## WHAT IS NEEDED
Copy every line that contains the string "quotient" from the entries below.

[Items listed in a dataset]

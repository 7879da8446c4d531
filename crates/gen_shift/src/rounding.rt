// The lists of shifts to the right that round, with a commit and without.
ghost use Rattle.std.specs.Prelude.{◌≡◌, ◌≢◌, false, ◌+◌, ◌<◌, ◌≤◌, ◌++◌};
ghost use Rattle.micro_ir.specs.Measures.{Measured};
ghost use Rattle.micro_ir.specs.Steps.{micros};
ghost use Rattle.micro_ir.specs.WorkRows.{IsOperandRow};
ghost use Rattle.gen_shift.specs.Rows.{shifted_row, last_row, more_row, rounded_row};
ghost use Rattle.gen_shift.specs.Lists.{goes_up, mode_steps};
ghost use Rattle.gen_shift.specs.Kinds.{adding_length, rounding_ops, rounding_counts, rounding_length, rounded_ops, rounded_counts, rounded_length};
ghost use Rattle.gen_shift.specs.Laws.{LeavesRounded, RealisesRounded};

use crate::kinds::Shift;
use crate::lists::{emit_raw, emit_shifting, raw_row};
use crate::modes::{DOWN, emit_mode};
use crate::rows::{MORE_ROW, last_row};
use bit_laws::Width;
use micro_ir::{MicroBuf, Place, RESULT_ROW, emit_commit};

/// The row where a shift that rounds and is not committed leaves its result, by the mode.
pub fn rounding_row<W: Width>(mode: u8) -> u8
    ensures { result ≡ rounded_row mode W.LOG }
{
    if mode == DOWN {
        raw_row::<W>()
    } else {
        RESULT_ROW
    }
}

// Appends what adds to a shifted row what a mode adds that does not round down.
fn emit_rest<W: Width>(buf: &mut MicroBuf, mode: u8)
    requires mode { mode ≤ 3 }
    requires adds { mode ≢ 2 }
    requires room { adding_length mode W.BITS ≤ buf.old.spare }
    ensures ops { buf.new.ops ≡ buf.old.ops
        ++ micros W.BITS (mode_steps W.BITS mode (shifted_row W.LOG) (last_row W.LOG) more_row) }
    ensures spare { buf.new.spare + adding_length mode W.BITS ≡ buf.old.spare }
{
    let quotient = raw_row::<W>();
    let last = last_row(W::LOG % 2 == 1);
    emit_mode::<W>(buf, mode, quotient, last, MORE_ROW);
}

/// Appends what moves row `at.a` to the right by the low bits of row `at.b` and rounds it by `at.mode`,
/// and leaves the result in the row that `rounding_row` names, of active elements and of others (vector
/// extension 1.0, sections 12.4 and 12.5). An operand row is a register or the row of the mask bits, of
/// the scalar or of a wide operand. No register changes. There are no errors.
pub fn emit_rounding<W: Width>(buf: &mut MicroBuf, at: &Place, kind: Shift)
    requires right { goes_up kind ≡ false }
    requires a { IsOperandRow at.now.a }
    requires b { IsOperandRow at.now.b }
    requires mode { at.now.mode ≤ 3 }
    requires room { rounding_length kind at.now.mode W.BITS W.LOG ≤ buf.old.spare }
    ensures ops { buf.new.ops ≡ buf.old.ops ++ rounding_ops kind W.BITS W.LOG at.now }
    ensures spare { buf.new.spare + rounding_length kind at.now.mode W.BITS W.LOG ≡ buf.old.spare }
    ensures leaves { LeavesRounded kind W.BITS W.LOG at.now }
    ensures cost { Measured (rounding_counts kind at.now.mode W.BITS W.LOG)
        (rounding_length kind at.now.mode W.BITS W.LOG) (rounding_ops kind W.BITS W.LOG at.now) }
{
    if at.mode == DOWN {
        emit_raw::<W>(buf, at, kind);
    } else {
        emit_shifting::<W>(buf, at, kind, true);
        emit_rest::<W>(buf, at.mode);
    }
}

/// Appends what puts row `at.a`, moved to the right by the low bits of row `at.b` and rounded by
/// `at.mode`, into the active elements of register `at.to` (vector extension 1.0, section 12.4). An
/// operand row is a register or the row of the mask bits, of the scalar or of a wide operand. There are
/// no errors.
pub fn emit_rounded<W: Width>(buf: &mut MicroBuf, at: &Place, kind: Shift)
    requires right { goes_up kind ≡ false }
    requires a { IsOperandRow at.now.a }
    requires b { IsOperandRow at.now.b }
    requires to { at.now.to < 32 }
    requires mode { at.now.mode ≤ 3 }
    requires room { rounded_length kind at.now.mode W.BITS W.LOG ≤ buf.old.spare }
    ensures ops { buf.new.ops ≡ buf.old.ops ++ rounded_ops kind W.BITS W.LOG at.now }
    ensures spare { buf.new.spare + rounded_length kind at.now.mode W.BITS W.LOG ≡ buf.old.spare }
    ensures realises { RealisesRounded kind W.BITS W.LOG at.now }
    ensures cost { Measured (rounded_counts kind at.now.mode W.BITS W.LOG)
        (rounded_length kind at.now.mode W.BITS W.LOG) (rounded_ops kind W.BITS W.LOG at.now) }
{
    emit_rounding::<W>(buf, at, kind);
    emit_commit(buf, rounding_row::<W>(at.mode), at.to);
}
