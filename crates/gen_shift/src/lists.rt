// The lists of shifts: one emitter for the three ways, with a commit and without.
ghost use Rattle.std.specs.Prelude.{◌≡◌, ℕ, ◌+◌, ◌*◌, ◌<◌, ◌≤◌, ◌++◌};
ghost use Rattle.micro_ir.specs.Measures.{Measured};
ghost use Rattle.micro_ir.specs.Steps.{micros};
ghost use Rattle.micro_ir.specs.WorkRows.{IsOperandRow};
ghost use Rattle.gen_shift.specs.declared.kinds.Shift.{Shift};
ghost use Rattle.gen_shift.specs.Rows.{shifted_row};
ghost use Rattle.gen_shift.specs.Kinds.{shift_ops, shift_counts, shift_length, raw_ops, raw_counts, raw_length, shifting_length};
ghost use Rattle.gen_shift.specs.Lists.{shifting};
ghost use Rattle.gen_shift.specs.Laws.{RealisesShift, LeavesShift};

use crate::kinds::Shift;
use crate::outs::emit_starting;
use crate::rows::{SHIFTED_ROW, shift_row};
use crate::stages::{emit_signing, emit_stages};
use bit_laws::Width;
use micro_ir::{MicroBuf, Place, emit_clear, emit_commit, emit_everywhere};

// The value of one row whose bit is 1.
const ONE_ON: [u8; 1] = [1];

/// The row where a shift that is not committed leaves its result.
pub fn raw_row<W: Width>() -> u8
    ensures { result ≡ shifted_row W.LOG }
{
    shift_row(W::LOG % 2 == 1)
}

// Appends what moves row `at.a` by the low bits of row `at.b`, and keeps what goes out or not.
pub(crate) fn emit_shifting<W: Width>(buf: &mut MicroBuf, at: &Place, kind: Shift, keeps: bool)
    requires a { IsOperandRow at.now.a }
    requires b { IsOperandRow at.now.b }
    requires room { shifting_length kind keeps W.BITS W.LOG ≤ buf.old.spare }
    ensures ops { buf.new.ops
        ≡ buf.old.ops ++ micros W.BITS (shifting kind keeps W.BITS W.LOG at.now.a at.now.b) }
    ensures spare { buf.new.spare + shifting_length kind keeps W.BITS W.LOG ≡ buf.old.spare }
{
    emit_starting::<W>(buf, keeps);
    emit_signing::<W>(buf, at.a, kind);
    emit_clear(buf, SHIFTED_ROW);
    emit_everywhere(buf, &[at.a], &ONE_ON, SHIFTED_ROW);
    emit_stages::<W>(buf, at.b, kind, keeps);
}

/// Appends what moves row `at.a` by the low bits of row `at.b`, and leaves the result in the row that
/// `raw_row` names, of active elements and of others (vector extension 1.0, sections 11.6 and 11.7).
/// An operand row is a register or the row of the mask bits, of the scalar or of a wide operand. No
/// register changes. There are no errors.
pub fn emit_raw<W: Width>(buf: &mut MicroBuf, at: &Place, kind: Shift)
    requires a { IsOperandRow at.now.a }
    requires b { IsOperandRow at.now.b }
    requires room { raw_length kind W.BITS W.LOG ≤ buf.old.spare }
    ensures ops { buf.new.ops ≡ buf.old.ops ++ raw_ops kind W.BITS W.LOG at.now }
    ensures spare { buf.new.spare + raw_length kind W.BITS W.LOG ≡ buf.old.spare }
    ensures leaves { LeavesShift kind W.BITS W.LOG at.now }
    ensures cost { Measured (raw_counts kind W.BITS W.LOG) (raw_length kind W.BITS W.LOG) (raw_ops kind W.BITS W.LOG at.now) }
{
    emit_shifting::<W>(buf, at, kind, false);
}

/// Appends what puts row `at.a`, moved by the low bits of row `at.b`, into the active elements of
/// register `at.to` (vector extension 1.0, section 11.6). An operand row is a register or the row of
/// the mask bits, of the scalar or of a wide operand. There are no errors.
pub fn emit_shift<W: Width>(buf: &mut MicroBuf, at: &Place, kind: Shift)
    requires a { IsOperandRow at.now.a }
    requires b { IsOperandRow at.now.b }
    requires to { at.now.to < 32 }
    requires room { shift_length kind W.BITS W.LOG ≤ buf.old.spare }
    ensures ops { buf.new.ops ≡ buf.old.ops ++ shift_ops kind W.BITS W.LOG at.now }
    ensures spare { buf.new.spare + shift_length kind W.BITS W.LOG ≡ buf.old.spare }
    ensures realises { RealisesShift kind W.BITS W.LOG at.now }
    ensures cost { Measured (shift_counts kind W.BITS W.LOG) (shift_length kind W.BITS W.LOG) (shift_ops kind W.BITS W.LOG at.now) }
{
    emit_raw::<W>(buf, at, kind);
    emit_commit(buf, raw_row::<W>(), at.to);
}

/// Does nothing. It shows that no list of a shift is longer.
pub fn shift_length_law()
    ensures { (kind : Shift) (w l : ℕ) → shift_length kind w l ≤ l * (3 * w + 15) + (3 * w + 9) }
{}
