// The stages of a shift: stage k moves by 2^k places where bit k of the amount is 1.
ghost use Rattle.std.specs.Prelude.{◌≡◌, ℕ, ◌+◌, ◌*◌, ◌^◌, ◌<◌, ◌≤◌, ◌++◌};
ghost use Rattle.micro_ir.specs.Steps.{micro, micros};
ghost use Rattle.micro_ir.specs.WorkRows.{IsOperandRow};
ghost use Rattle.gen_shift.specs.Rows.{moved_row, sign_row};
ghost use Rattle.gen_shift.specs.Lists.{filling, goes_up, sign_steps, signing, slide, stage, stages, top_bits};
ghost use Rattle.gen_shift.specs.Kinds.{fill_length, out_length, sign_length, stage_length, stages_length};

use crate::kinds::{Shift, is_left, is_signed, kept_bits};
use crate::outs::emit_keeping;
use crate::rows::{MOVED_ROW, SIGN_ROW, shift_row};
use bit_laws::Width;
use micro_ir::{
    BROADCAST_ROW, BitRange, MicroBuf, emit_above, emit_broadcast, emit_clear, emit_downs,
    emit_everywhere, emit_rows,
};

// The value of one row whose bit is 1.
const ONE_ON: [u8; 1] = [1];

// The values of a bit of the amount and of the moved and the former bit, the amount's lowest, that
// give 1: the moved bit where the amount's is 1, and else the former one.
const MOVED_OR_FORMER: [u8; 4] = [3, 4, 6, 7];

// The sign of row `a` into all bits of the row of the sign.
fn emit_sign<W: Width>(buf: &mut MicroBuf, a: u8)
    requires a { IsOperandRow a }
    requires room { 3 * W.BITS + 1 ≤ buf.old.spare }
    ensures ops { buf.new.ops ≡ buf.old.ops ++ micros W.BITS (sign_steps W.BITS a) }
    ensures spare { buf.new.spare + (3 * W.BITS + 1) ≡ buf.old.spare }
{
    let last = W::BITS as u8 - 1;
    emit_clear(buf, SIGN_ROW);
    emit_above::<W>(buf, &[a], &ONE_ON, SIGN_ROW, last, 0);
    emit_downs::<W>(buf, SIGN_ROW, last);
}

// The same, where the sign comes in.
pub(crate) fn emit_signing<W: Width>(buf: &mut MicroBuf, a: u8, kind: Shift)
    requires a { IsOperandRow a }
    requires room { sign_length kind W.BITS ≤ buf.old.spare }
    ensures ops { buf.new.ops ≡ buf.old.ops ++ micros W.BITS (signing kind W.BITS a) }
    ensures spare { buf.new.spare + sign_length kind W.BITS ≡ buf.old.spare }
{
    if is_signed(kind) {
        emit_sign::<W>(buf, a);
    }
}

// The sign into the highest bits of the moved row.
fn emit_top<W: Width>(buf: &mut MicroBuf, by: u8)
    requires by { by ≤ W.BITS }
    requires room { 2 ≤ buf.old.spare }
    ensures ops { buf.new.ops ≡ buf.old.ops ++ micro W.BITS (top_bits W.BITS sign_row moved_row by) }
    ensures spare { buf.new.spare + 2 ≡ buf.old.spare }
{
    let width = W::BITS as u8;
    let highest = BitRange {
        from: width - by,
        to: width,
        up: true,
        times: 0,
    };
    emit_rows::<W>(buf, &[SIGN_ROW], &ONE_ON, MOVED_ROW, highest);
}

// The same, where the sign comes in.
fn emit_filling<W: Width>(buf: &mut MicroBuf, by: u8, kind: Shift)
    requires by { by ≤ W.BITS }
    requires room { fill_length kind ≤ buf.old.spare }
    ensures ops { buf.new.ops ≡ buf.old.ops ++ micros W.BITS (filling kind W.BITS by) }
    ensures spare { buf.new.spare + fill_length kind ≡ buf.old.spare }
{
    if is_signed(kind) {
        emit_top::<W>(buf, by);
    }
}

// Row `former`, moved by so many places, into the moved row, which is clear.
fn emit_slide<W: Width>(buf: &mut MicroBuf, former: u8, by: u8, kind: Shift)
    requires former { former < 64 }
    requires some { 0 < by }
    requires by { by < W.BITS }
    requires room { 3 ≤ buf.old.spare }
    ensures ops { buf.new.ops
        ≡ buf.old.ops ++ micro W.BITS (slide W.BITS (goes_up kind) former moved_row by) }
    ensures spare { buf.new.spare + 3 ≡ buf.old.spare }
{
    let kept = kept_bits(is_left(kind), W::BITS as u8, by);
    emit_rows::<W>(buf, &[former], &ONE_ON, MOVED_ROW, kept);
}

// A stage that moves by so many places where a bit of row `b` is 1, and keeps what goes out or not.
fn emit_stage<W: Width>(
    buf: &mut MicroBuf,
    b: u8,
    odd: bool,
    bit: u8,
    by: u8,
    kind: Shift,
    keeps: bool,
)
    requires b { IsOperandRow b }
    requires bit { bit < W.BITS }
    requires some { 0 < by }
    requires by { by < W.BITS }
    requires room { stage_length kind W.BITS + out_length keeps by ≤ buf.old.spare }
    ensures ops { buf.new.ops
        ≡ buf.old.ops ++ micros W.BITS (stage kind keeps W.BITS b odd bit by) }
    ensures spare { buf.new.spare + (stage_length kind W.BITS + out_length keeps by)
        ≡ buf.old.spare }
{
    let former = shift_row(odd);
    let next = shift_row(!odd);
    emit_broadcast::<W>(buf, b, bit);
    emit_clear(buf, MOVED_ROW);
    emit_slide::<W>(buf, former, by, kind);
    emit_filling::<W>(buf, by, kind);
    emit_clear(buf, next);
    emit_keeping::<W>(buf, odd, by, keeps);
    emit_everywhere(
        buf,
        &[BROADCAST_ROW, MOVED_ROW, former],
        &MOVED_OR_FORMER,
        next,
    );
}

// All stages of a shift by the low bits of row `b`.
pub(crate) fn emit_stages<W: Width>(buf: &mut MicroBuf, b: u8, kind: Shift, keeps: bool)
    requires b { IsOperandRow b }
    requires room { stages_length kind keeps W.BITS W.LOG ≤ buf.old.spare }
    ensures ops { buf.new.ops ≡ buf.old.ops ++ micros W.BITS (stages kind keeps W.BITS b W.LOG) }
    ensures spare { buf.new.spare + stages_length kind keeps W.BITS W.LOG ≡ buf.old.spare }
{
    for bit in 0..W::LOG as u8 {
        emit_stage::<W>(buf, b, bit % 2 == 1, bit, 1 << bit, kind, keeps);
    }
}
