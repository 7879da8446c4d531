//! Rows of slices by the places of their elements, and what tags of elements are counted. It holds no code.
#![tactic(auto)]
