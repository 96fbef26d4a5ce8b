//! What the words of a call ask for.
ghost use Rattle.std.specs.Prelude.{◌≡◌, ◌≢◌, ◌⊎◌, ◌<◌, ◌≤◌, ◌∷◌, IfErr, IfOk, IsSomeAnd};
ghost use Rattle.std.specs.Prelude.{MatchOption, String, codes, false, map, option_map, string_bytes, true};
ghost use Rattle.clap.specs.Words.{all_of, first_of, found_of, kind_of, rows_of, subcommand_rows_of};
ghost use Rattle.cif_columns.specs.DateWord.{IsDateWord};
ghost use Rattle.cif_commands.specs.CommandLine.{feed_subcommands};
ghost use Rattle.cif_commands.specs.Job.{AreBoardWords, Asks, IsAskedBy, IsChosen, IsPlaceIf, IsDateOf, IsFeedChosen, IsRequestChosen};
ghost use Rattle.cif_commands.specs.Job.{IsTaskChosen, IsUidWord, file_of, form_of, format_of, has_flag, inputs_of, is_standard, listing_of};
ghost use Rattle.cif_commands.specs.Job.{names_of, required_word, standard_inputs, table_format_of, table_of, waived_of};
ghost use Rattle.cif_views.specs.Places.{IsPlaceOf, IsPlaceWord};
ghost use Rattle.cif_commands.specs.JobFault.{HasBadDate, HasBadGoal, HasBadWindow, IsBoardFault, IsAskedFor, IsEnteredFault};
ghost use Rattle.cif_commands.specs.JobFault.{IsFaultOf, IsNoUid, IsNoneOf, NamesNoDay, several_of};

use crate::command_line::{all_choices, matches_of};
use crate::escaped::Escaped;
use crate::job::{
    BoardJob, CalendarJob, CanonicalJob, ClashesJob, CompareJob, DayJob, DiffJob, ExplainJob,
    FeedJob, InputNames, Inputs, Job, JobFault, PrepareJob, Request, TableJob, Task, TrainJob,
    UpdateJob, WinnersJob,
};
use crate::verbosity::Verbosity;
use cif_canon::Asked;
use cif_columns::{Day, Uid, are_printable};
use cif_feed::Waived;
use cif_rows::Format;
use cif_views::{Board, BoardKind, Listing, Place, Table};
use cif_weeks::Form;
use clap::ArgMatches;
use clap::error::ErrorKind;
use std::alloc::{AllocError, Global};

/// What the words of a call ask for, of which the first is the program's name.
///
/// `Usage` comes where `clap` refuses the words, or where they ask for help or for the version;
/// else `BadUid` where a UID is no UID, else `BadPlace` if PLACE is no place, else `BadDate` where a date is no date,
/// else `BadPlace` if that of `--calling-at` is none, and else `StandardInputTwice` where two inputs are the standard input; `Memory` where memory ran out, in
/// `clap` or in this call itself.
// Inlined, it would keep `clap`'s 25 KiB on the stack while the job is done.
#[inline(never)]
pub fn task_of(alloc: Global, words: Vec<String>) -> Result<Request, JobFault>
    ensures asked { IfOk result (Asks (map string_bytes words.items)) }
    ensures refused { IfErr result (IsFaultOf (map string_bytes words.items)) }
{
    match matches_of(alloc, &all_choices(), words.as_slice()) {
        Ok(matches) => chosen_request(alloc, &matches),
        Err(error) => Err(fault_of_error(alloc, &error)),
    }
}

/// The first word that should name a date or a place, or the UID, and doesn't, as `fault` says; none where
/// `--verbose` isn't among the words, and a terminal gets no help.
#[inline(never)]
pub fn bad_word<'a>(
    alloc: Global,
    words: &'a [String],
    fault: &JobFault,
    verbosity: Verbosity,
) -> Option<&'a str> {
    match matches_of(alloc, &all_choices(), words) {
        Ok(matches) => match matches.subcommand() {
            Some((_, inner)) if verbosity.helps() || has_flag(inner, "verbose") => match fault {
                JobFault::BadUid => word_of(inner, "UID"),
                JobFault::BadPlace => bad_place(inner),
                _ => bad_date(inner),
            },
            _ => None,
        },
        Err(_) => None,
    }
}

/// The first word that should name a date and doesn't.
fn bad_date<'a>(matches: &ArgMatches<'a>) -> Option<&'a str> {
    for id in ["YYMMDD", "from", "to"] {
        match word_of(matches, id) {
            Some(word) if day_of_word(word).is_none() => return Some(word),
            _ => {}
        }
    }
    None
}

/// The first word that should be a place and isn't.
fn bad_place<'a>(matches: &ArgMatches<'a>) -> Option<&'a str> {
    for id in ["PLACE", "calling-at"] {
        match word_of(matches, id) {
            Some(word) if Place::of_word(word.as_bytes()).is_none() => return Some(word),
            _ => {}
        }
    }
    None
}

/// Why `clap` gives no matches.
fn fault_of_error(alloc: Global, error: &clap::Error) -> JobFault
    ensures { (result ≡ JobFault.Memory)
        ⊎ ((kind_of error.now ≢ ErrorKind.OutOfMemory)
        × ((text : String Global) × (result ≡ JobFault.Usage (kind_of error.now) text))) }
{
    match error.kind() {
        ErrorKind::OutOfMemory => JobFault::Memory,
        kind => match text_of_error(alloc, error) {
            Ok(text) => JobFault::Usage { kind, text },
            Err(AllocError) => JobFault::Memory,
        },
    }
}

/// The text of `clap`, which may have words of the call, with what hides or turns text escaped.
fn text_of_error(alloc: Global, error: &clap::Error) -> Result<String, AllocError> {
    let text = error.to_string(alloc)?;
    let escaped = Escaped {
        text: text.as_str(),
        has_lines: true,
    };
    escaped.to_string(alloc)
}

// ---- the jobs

## FINISHED EXERCISE
    let quotient = raw_row::<W>();
    emit_mode::<W>(buf, mode, quotient, last, MORE_ROW);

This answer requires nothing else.